(Excerpted records)

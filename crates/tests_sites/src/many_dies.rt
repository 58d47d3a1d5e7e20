//! Plans of so many sites with so many dies each, bound to the program.

use crate::sample::{bound, code_of};
use lot_plan::BoundPlan;
use std::alloc::Global;
use std::test::Fail;

/// Adds the row of a die.
fn add_row(text: &mut Vec<u8>, site: u8, die: u16) -> Result<(), Fail> {
    let mut digits = itoa::Buffer::new();
    text.extend_from_slice(b"die,")?;
    text.extend_from_slice(digits.format(site).as_bytes())?;
    text.extend_from_slice(b",d")?;
    text.extend_from_slice(digits.format(die).as_bytes())?;
    text.extend_from_slice(b",inv,,\n")?;
    Ok(())
}

/// The rows of a plan of so many dies at each of so many sites.
fn text_of(alloc: Global, sites: u8, dies: u16) -> Result<Vec<u8>, Fail> {
    let mut text = Vec::from_slice(alloc, b"lot,1,1,0,,\nclock,c,,,,\n")?;
    for site in 0..sites {
        for die in 0..dies {
            add_row(&mut text, site, die)?;
        }
    }
    Ok(text)
}

/// A plan of so many dies at each of so many sites, bound.
pub(crate) fn plan_of(alloc: Global, sites: u8, dies: u16) -> Result<BoundPlan, Fail> {
    let text = text_of(alloc, sites, dies)?;
    if text.len() > 1_000_000 {
        return Err(Fail::from("a short text"));
    }
    bound(alloc, &code_of(alloc)?, &text)
}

(End Excerpted records)

● **What is being asked**: Filter the records above down to the lines that hold the string "BoundPlan".

● **The completed task**:
use lot_plan::BoundPlan;
pub(crate) fn plan_of(alloc: Global, sites: u8, dies: u16) -> Result<BoundPlan, Fail> {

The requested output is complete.